TASK INPUT →

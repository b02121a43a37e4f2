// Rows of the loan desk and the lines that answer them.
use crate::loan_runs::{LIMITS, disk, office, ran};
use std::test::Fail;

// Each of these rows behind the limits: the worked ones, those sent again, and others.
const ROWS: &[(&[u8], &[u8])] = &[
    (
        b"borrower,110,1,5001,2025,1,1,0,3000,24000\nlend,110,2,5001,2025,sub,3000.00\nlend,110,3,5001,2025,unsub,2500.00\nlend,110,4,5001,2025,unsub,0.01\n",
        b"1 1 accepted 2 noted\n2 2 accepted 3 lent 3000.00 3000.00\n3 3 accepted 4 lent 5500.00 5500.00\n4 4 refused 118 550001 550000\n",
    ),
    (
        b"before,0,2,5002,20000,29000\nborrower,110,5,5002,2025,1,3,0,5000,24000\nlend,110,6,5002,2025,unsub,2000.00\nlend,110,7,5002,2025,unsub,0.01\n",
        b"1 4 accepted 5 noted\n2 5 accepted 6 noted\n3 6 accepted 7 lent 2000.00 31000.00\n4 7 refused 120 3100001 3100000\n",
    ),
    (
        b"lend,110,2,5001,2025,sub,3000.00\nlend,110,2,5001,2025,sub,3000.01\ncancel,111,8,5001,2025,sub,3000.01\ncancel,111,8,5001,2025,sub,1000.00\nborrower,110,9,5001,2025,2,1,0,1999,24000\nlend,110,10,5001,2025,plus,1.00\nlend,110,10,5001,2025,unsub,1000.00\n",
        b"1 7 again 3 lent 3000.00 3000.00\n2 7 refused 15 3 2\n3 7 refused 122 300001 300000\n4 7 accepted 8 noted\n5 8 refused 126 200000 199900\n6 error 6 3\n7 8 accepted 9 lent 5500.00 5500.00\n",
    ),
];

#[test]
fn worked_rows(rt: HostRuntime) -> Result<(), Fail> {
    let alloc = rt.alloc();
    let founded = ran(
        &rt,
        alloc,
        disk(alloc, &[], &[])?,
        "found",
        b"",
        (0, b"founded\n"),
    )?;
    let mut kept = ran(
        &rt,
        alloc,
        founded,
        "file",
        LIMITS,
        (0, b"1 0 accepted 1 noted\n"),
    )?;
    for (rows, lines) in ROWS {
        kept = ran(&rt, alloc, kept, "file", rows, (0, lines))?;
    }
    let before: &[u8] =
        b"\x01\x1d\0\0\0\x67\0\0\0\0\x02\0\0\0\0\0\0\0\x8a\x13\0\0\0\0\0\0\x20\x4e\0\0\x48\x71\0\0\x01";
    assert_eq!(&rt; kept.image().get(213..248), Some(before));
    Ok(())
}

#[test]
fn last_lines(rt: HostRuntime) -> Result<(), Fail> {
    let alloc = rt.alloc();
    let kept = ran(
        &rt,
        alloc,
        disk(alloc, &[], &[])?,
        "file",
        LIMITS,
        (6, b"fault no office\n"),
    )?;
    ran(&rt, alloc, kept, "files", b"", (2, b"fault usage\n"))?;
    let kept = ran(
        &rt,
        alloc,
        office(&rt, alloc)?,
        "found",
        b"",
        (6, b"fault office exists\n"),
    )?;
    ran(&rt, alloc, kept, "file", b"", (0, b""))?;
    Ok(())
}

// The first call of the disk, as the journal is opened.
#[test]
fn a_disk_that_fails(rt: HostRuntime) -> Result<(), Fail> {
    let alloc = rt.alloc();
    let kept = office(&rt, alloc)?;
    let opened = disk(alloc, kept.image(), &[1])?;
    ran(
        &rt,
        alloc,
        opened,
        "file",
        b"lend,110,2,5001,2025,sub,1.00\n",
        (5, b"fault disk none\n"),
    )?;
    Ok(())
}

PROBLEM →
Copy every line above once more, precisely as it reads.

SOLVED EXERCISE →
repository b02121a43a37e4f2
// Rows of the loan desk and the lines that answer them.
use crate::loan_runs::{LIMITS, disk, office, ran};
use std::test::Fail;

// Each of these rows behind the limits: the worked ones, those sent again, and others.
const ROWS: &[(&[u8], &[u8])] = &[
    (
        b"borrower,110,1,5001,2025,1,1,0,3000,24000\nlend,110,2,5001,2025,sub,3000.00\nlend,110,3,5001,2025,unsub,2500.00\nlend,110,4,5001,2025,unsub,0.01\n",
        b"1 1 accepted 2 noted\n2 2 accepted 3 lent 3000.00 3000.00\n3 3 accepted 4 lent 5500.00 5500.00\n4 4 refused 118 550001 550000\n",
    ),
    (
        b"before,0,2,5002,20000,29000\nborrower,110,5,5002,2025,1,3,0,5000,24000\nlend,110,6,5002,2025,unsub,2000.00\nlend,110,7,5002,2025,unsub,0.01\n",
        b"1 4 accepted 5 noted\n2 5 accepted 6 noted\n3 6 accepted 7 lent 2000.00 31000.00\n4 7 refused 120 3100001 3100000\n",
    ),
    (
        b"lend,110,2,5001,2025,sub,3000.00\nlend,110,2,5001,2025,sub,3000.01\ncancel,111,8,5001,2025,sub,3000.01\ncancel,111,8,5001,2025,sub,1000.00\nborrower,110,9,5001,2025,2,1,0,1999,24000\nlend,110,10,5001,2025,plus,1.00\nlend,110,10,5001,2025,unsub,1000.00\n",
        b"1 7 again 3 lent 3000.00 3000.00\n2 7 refused 15 3 2\n3 7 refused 122 300001 300000\n4 7 accepted 8 noted\n5 8 refused 126 200000 199900\n6 error 6 3\n7 8 accepted 9 lent 5500.00 5500.00\n",
    ),
];

#[test]
fn worked_rows(rt: HostRuntime) -> Result<(), Fail> {
    let alloc = rt.alloc();
    let founded = ran(
        &rt,
        alloc,
        disk(alloc, &[], &[])?,
        "found",
        b"",
        (0, b"founded\n"),
    )?;
    let mut kept = ran(
        &rt,
        alloc,
        founded,
        "file",
        LIMITS,
        (0, b"1 0 accepted 1 noted\n"),
    )?;
    for (rows, lines) in ROWS {
        kept = ran(&rt, alloc, kept, "file", rows, (0, lines))?;
    }
    let before: &[u8] =
        b"\x01\x1d\0\0\0\x67\0\0\0\0\x02\0\0\0\0\0\0\0\x8a\x13\0\0\0\0\0\0\x20\x4e\0\0\x48\x71\0\0\x01";
    assert_eq!(&rt; kept.image().get(213..248), Some(before));
    Ok(())
}

#[test]
fn last_lines(rt: HostRuntime) -> Result<(), Fail> {
    let alloc = rt.alloc();
    let kept = ran(
        &rt,
        alloc,
        disk(alloc, &[], &[])?,
        "file",
        LIMITS,
        (6, b"fault no office\n"),
    )?;
    ran(&rt, alloc, kept, "files", b"", (2, b"fault usage\n"))?;
    let kept = ran(
        &rt,
        alloc,
        office(&rt, alloc)?,
        "found",
        b"",
        (6, b"fault office exists\n"),
    )?;
    ran(&rt, alloc, kept, "file", b"", (0, b""))?;
    Ok(())
}

// The first call of the disk, as the journal is opened.
#[test]
fn a_disk_that_fails(rt: HostRuntime) -> Result<(), Fail> {
    let alloc = rt.alloc();
    let kept = office(&rt, alloc)?;
    let opened = disk(alloc, kept.image(), &[1])?;
    ran(
        &rt,
        alloc,
        opened,
        "file",
        b"lend,110,2,5001,2025,sub,1.00\n",
        (5, b"fault disk none\n"),
    )?;
    Ok(())
}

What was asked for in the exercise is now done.